§ **DATASET EXCERPTS**:
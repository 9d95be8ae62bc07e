//! An object as the columns of a row.
ghost use Rattle.std.specs.Prelude.{◌≡◌, ◌<◌, ◌&&◌, ℕ, List, [], Ok, IfOk, bytes_eq, nat_eq, nat_lt, sum_by};
ghost use Rattle.object_rows.specs.Pieces.{pieces_of};
ghost use Rattle.swift_calls.specs.Bodies.{etag_of, etag_text};
ghost use Rattle.object_rows.specs.Rows.{kind_of, body_of, has_columns, HasRow, IsRowContent, ReadsColumns, ReadsContent, ReadsList, ReadsRow, placed_row, row_of};
ghost use Rattle.object_rows.specs.declared.row.RowFault.TheVariants as faults;

use crate::pieces::{joined, pieces_of};
use gate_base::{Bytes, Copying, List, Memory};
use md5::{Digest, Md5};
use slo_manifest::{
    Form, ManifestFault, Segment, joined_etag, law_one_answer, law_text_reads_back, read, write,
};
use std::alloc::{AllocError, Global};
use swift_calls::{Content, Stored};

/// The kind of an object that has its own bytes.
const PLAIN: u64 = 0;

/// The kind of an object that lists segments.
const LIST: u64 = 1;

/// The kind of an object whose own bytes stand elsewhere: its row has their place for a body.
pub const PLACED: u64 = 2;

/// The sizes of segments have a sum below this.
const SIZE_LIMIT: u64 = 1 << 63;

/// Why a row is no object. `Unread`: it is none that `to_row` gives. `Memory`: memory ran out.
#[derive(Clone, Copy, Debug, PartialEq, Eq)]
pub enum RowFault {
    Unread,
    Memory,
}

impl From<Memory> for RowFault {
    ghost from_gives = { λ _ fault. fault ≡ faults.Memory };

    fn from(_: Memory) -> RowFault {
        RowFault::Memory
    }
}

impl From<AllocError> for RowFault {
    ghost from_gives = { λ _ fault. fault ≡ faults.Memory };

    fn from(_: AllocError) -> RowFault {
        RowFault::Memory
    }
}

/// What a row of the table of objects has beside its key.
#[derive(Drop)]
pub struct Row {
    pub kind: u64,
    pub content_type: Bytes,
    pub meta: Bytes,
    pub size: u64,
    pub hash: Bytes,
    pub body: Bytes,
}

/// The row of an object.
pub fn to_row(alloc: Global, object: &Stored) -> Result<Row, Memory>
    requires { HasRow object.now }
    ensures { IfOk result (λ row. row ≡ row_of object.now) }
{
    let etag = etag_of(alloc, &object.content)?;
    row_with_etag(alloc, object, etag)
}

/// The same where its ETag is known.
pub fn row_with_etag(alloc: Global, object: &Stored, etag: Bytes) -> Result<Row, Memory>
    requires row { HasRow object.now }
    requires etag { etag ≡ etag_of object.now.content }
    ensures { IfOk result (λ row. row ≡ row_of object.now) }
{
    Ok(Row {
        kind: kind_of(&object.content),
        content_type: object.content_type.copy()?,
        meta: joined(alloc, object.meta.as_slice())?,
        size: object.content.size(),
        hash: etag,
        body: body_of(alloc, &object.content)?,
    })
}

/// The row of an object whose ETag is known and whose own bytes stand at a place. No byte of the body is copied.
pub fn row_with_place(
    alloc: Global,
    object: &Stored,
    etag: Bytes,
    place: Bytes,
) -> Result<Row, Memory>
    requires row { HasRow object.now }
    requires etag { etag ≡ etag_of object.now.content }
    ensures { IfOk result (λ row. row ≡ placed_row place object.now) }
{
    Ok(Row {
        kind: PLACED,
        content_type: object.content_type.copy()?,
        meta: joined(alloc, object.meta.as_slice())?,
        size: object.content.size(),
        hash: etag,
        body: place,
    })
}

fn kind_of(content: &Content) -> u64
    ensures { result ≡ kind_of content.now }
{
    match content {
        Content::Plain(_) => PLAIN,
        Content::Segments(_) => LIST,
    }
}

#[tactic(auto, unfolding(swift_calls::specs::Bodies::etag_text))]
fn etag_of(alloc: Global, content: &Content) -> Result<Bytes, Memory>
    ensures { IfOk result (λ etag. etag ≡ etag_of content.now) }
{
    match content {
        Content::Plain(bytes) => etag_of_bytes(alloc, bytes.as_slice()),
        Content::Segments(segments) => joined_etag(alloc, segments.as_slice()),
    }
}

/// The MD5 (RFC 1321) of bytes in lower-case hexadecimal digits.
#[tactic(auto, unfolding(swift_calls::specs::Bodies::etag_text))]
fn etag_of_bytes(alloc: Global, bytes: &[u8]) -> Result<Bytes, Memory>
    ensures { IfOk result (λ etag. etag ≡ etag_text bytes.now) }
{
    let text = hex::encode(alloc, Md5::digest(bytes))?;
    Bytes::from_slice(alloc, text.as_bytes())
}

fn body_of(alloc: Global, content: &Content) -> Result<Bytes, Memory>
    requires { IsRowContent content.now }
    ensures { IfOk result (λ body. body ≡ body_of content.now) }
{
    match content {
        Content::Plain(bytes) => bytes.copy(),
        Content::Segments(segments) => write(alloc, segments.as_slice(), Form::Put),
    }
}

/// The object of a row. Unread exactly where the row is none that `to_row` gives for an object of that name.
pub fn from_row(alloc: Global, name: &[u8], row: &Row) -> Result<Stored, RowFault>
    ensures { ReadsRow name.now row.now result }
{
    let object = object_of_row(alloc, name, row)?;
    if has_hash(alloc, &object.content, row.hash.as_slice())? {
        Ok(object)
    } else {
        Err(RowFault::Unread)
    }
}

/// Whether this is the hash of the row.
fn has_hash(alloc: Global, content: &Content, hash: &[u8]) -> Result<bool, Memory>
    ensures { IfOk result (λ has. has ≡ bytes_eq (etag_of content.now) hash.now) }
{
    let etag = etag_of(alloc, content)?;
    Ok(etag.as_slice() == hash)
}

/// The same where the hash isn't looked at.
fn object_of_row(alloc: Global, name: &[u8], row: &Row) -> Result<Stored, RowFault>
    ensures { ReadsColumns name.now row.now result }
{
    let body = row.body.copy()?;
    let columns = Columns {
        kind: row.kind,
        content_type: row.content_type.as_slice(),
        meta: row.meta.as_slice(),
        size: row.size,
    };
    object_of_columns(alloc, name, &columns, body)
}

/// The columns of a row, but for the hash and the bytes of the content.
#[derive(Drop)]
pub struct Columns<'a> {
    pub kind: u64,
    pub content_type: &'a [u8],
    pub meta: &'a [u8],
    pub size: u64,
}

/// The same by the other columns. The body is taken: the bytes of a plain object are not copied.
pub fn object_of_columns(
    alloc: Global,
    name: &[u8],
    columns: &Columns<'_>,
    body: Bytes,
) -> Result<Stored, RowFault>
    ensures { ReadsColumns name.now (record {
      kind = columns.now.kind;
      content_type = columns.now.content_type.now;
      meta = columns.now.meta.now;
      size = columns.now.size;
      hash = [];
      body = body;
    }) result }
{
    let content = content_of(alloc, columns.kind, body)?;
    object_with_content(alloc, name, columns, content)
}

/// The same by what the body stands for.
fn object_with_content(
    alloc: Global,
    name: &[u8],
    columns: &Columns<'_>,
    content: Content,
) -> Result<Stored, RowFault>
    requires { IsRowContent content }
    ensures { (kind : ℕ) (body : List ℕ) → ReadsContent kind body (Ok content)
        → ReadsColumns name.now (record {
          kind = kind;
          content_type = columns.now.content_type.now;
          meta = columns.now.meta.now;
          size = columns.now.size;
          hash = [];
          body = body;
        }) result }
{
    let object = named_object(alloc, name, columns, content)?;
    if has_columns(alloc, &object, columns.meta, columns.size)? {
        Ok(object)
    } else {
        Err(RowFault::Unread)
    }
}

/// An object of this name, type and content, whose metadata has the pieces of a text.
fn named_object(
    alloc: Global,
    name: &[u8],
    columns: &Columns<'_>,
    content: Content,
) -> Result<Stored, Memory>
    ensures named { IfOk result (λ s. s.name ≡ name.now) }
    ensures typed { IfOk result (λ s. s.content_type ≡ columns.now.content_type.now) }
    ensures pieces { IfOk result (λ s. s.meta ≡ pieces_of columns.now.meta.now) }
    ensures content { IfOk result (λ s. s.content ≡ content) }
{
    Ok(Stored {
        name: Bytes::from_slice(alloc, name)?,
        content_type: Bytes::from_slice(alloc, columns.content_type)?,
        meta: pieces_of(alloc, columns.meta)?,
        content,
    })
}

/// Whether these are the metadata and the size of the object's row.
fn has_columns(alloc: Global, object: &Stored, meta: &[u8], size: u64) -> Result<bool, Memory>
    requires { HasRow object.now }
    ensures { IfOk result (λ has. has ≡ has_columns object.now meta.now size) }
{
    let text = joined(alloc, object.meta.as_slice())?;
    Ok(text.as_slice() == meta && object.content.size() == size)
}

/// What the body of a row stands for, if the row is one of an object.
#[tactic(auto, using(crate::proofs::RowLemmas::other_kind))]
fn content_of(alloc: Global, kind: u64, body: Bytes) -> Result<Content, RowFault>
    ensures { ReadsContent kind body result }
{
    if kind == PLAIN {
        plain(body)
    } else if kind == LIST {
        list(alloc, body.as_slice())
    } else {
        Err(RowFault::Unread)
    }
}

#[tactic(auto, using(crate::proofs::RowLemmas::plain_read, crate::proofs::RowLemmas::plain_unread))]
fn plain(body: Bytes) -> Result<Content, RowFault>
    ensures { ReadsContent PLAIN body result }
{
    if body.len() as u64 >= SIZE_LIMIT {
        return Err(RowFault::Unread);
    }
    Ok(Content::Plain(body))
}

#[tactic(auto, using(crate::proofs::RowLemmas::list_read, crate::proofs::RowLemmas::list_unread, crate::proofs::RowLemmas::no_list, crate::proofs::RowLemmas::too_large, crate::proofs::RowLemmas::other_text))]
fn list(alloc: Global, body: &[u8]) -> Result<Content, RowFault>
    ensures { ReadsContent LIST body.now result }
{
    let segments = listed(alloc, body)?;
    if segments.is_empty() {
        return Err(RowFault::Unread);
    }
    if !is_small(segments.as_slice()) {
        return Err(RowFault::Unread);
    }
    let text = write(alloc, segments.as_slice(), Form::Put)?;
    if text.as_slice() != body {
        return Err(RowFault::Unread);
    }
    Ok(Content::Segments(segments))
}

/// The segments that the body lists.
#[tactic(auto, using(crate::proofs::RowLemmas::segments_read, crate::proofs::RowLemmas::segments_unread))]
fn listed(alloc: Global, body: &[u8]) -> Result<List<Segment>, RowFault>
    ensures { ReadsList body.now result }
{
    law_one_answer();
    law_text_reads_back();
    match read(alloc, body, Form::Put) {
        Ok(segments) => Ok(segments),
        Err(ManifestFault::Memory) => Err(RowFault::Memory),
        Err(ManifestFault::NotAList) => Err(RowFault::Unread),
        Err(ManifestFault::TooManySegments) => Err(RowFault::Unread),
        Err(ManifestFault::BadEntry(_)) => Err(RowFault::Unread),
        Err(ManifestFault::EmptySegment(_)) => Err(RowFault::Unread),
    }
}

/// Whether the sizes have a sum below the limit.
fn is_small(segments: &[Segment]) -> bool
    ensures { result ≡ nat_lt (sum_by (λ s. s.size) segments.now) SIZE_LIMIT }
{
    let mut sum = 0u64;
    for segment in segments {
        sum = sum.saturating_add(segment.size);
    }
    sum < SIZE_LIMIT
}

§ **WHAT NEEDS TO BE DONE**: Please restate, word for word, the lines of the entries that run from the first line through the one holding "const LIST: u64 = 1;", and add nothing.

§ **RESPONSE BELOW**:
repository 9d95be8ae62bc07e
//! An object as the columns of a row.
ghost use Rattle.std.specs.Prelude.{◌≡◌, ◌<◌, ◌&&◌, ℕ, List, [], Ok, IfOk, bytes_eq, nat_eq, nat_lt, sum_by};
ghost use Rattle.object_rows.specs.Pieces.{pieces_of};
ghost use Rattle.swift_calls.specs.Bodies.{etag_of, etag_text};
ghost use Rattle.object_rows.specs.Rows.{kind_of, body_of, has_columns, HasRow, IsRowContent, ReadsColumns, ReadsContent, ReadsList, ReadsRow, placed_row, row_of};
ghost use Rattle.object_rows.specs.declared.row.RowFault.TheVariants as faults;

use crate::pieces::{joined, pieces_of};
use gate_base::{Bytes, Copying, List, Memory};
use md5::{Digest, Md5};
use slo_manifest::{
    Form, ManifestFault, Segment, joined_etag, law_one_answer, law_text_reads_back, read, write,
};
use std::alloc::{AllocError, Global};
use swift_calls::{Content, Stored};

/// The kind of an object that has its own bytes.
const PLAIN: u64 = 0;

/// The kind of an object that lists segments.
const LIST: u64 = 1;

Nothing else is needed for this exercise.